Supplied material Block Start
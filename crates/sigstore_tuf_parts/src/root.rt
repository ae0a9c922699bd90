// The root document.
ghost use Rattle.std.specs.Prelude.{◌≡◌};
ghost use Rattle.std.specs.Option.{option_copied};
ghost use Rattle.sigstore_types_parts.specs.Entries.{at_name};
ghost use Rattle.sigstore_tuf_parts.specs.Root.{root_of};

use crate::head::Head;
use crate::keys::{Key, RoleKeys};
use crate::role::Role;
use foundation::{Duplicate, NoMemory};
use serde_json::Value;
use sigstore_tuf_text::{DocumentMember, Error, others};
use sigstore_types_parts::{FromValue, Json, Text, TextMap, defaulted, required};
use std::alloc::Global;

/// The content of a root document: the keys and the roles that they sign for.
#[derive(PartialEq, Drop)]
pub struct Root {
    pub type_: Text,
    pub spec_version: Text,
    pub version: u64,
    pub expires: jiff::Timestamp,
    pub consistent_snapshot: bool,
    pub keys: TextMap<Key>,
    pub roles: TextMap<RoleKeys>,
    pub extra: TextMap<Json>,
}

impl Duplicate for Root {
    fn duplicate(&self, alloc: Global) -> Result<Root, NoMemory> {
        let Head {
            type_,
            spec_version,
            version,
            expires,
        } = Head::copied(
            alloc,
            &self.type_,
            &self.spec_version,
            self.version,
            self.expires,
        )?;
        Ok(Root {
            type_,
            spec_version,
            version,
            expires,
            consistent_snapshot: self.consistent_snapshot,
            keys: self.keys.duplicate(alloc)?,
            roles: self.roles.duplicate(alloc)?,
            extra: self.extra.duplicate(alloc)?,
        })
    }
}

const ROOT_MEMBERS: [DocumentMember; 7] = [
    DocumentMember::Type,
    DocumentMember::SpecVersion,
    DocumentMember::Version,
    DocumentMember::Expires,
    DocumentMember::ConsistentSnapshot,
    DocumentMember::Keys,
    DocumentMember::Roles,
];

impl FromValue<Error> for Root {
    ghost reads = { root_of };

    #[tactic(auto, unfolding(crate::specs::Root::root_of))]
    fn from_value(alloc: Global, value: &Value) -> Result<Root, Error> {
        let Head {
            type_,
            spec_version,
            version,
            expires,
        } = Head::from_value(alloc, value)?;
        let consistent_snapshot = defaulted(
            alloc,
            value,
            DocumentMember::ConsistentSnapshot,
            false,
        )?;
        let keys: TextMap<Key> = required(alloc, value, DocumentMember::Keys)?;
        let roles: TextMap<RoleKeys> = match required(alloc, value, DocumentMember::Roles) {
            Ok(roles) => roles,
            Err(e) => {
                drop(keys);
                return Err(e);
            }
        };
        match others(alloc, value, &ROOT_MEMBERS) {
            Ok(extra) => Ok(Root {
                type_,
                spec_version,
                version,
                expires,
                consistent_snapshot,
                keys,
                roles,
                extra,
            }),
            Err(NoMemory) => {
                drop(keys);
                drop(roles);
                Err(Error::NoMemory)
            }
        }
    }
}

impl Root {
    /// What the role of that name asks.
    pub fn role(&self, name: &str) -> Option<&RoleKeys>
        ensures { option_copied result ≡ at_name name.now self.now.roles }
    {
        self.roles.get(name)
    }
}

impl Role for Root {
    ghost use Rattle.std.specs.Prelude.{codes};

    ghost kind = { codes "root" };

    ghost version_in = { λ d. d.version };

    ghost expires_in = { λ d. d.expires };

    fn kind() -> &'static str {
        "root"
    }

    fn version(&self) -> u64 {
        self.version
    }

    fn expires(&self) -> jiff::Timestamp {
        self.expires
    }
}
Supplied material Block End
Supplied material Block Start
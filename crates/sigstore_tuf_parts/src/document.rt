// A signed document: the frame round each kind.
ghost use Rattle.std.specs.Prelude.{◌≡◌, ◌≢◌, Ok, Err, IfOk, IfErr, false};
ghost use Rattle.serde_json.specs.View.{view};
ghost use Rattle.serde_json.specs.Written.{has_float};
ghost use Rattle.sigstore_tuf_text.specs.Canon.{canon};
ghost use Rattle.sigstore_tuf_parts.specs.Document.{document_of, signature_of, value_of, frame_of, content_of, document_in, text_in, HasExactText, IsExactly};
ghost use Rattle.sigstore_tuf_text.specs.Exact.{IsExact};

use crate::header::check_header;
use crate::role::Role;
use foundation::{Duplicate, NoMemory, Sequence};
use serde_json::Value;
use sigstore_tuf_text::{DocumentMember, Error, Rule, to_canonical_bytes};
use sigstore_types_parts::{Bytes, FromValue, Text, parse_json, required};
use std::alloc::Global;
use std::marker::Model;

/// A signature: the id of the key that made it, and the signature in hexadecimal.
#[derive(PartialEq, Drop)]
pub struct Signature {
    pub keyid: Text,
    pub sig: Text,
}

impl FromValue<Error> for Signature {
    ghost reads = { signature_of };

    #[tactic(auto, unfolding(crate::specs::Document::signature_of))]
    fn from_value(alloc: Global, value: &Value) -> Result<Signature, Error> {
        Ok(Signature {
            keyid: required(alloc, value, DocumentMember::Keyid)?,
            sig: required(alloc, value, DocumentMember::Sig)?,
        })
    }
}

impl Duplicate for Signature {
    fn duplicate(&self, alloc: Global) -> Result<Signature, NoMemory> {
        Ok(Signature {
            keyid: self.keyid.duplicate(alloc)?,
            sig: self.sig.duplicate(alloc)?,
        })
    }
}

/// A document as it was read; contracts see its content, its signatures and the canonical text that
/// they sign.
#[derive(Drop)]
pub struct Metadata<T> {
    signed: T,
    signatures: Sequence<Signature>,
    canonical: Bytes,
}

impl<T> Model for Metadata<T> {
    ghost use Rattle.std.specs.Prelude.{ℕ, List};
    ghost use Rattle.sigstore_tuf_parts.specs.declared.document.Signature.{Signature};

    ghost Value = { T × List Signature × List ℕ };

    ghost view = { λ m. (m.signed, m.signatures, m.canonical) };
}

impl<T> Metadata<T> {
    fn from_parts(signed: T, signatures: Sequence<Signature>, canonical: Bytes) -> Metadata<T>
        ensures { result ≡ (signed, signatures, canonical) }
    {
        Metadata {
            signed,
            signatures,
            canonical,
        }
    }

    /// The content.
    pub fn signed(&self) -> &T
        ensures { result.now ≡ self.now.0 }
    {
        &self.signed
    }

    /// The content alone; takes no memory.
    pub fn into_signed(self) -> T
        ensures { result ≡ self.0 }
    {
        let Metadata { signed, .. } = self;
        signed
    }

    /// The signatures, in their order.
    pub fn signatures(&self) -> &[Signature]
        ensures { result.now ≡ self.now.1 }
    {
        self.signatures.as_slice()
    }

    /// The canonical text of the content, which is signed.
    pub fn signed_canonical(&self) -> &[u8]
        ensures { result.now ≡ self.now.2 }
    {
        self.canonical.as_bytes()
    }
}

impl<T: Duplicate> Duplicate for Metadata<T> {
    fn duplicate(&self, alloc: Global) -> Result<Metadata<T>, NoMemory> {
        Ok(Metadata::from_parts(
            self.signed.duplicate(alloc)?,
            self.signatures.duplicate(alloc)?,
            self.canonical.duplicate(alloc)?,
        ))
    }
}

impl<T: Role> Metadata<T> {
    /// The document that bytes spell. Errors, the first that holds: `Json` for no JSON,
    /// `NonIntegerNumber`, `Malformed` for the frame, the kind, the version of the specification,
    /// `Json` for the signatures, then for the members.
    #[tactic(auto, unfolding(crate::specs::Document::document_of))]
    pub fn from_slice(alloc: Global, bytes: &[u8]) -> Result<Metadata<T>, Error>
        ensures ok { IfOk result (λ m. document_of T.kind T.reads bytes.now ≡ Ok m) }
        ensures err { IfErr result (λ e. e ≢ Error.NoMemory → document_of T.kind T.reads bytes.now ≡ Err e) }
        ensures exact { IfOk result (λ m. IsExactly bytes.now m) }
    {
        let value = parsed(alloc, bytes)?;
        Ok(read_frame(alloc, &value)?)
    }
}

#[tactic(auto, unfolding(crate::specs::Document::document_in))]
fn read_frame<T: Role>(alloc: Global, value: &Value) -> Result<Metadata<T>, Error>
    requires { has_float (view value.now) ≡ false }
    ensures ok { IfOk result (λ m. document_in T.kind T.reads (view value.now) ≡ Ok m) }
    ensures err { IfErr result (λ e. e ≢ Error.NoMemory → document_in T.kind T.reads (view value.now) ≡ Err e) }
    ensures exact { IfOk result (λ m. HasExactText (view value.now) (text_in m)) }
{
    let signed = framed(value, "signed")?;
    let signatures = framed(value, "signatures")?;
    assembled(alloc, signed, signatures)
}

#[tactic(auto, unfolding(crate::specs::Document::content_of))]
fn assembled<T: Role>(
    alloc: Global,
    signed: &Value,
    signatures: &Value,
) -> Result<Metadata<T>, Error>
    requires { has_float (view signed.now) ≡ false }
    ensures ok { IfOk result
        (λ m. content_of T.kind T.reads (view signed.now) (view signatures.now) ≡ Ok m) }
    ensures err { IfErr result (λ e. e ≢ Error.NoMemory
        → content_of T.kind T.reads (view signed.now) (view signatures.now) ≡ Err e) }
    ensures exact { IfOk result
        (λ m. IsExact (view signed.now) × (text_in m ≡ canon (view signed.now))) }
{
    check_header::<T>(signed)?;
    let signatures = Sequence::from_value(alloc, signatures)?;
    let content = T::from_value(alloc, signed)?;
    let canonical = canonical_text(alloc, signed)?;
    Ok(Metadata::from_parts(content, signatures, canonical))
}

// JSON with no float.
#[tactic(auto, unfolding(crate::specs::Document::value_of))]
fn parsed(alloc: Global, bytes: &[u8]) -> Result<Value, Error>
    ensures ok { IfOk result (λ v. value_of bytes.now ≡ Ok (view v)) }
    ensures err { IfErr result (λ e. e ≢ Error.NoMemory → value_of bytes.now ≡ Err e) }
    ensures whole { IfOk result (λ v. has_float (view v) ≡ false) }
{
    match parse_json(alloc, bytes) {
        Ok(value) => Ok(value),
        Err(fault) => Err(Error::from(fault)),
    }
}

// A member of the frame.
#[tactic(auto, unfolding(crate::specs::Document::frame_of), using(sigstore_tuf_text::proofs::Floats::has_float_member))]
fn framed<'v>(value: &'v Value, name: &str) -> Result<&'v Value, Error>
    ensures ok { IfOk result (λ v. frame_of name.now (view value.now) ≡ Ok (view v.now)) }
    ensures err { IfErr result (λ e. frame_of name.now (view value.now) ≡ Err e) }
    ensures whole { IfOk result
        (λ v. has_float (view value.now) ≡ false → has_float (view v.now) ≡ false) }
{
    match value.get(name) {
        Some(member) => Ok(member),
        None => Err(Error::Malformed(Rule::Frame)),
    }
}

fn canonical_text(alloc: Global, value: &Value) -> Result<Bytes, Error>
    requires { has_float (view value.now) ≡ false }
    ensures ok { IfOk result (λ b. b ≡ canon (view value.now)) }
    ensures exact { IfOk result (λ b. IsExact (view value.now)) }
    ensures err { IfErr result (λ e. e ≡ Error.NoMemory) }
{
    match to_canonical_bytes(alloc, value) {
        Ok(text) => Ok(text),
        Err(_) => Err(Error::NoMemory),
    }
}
Supplied material Block End
Supplied material Block Start
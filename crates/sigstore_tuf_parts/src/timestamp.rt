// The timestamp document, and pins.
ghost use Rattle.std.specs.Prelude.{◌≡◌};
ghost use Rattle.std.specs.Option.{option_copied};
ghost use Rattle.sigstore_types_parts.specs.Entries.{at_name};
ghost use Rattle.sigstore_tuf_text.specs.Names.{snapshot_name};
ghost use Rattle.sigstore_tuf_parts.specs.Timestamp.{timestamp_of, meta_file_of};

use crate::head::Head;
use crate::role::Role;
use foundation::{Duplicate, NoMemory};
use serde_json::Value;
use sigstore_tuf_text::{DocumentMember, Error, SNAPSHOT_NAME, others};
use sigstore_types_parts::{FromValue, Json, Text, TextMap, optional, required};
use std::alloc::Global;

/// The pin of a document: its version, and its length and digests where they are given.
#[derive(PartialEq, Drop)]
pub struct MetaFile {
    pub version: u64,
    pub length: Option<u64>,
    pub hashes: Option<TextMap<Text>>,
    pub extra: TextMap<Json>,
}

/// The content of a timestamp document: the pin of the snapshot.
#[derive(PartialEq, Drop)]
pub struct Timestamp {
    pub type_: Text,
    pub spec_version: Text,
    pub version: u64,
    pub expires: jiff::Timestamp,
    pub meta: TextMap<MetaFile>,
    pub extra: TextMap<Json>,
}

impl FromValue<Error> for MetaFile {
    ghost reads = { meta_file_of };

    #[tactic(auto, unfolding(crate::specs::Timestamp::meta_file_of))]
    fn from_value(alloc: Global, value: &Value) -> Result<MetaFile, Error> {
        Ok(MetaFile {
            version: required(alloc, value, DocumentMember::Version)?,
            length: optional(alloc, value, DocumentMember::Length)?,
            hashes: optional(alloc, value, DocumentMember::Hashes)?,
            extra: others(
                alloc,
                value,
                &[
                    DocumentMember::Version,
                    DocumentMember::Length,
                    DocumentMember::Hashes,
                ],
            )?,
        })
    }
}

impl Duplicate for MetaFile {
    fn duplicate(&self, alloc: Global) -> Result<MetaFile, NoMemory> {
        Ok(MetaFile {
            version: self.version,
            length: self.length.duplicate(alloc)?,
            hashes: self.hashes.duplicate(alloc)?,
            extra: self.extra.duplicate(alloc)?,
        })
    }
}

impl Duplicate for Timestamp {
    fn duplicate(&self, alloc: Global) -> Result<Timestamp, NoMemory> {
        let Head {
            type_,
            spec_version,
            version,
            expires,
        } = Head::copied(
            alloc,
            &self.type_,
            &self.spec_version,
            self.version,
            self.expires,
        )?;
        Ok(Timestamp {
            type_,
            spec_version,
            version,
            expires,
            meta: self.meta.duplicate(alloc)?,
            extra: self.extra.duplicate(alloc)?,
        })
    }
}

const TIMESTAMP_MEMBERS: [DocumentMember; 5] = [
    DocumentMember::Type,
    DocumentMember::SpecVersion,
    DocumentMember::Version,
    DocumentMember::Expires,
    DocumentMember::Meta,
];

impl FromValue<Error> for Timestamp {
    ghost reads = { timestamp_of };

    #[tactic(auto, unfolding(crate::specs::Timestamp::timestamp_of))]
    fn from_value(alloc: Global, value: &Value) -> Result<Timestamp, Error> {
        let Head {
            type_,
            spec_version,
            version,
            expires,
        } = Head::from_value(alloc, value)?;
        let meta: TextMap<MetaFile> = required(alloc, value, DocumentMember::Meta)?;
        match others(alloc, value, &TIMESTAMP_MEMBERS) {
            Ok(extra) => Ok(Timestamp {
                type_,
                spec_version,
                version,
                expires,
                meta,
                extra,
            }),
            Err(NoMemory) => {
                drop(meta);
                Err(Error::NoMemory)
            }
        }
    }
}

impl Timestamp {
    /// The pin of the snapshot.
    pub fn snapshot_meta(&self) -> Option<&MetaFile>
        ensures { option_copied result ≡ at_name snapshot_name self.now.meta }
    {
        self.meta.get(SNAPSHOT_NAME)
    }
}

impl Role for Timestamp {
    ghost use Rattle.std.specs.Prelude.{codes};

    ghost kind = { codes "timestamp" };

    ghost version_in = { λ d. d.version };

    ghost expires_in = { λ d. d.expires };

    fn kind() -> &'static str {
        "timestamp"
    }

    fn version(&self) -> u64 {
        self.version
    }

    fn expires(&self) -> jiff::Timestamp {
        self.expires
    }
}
Supplied material Block End
• _Exercise prompt_
Each line of the entries where the string "IfErr" occurs should be shown.

• _Response_
ghost use Rattle.std.specs.Prelude.{◌≡◌, ◌≢◌, Ok, Err, IfOk, IfErr, false};
        ensures err { IfErr result (λ e. e ≢ Error.NoMemory → document_of T.kind T.reads bytes.now ≡ Err e) }
    ensures err { IfErr result (λ e. e ≢ Error.NoMemory → document_in T.kind T.reads (view value.now) ≡ Err e) }
    ensures err { IfErr result (λ e. e ≢ Error.NoMemory
    ensures err { IfErr result (λ e. e ≢ Error.NoMemory → value_of bytes.now ≡ Err e) }
    ensures err { IfErr result (λ e. frame_of name.now (view value.now) ≡ Err e) }
    ensures err { IfErr result (λ e. e ≡ Error.NoMemory) }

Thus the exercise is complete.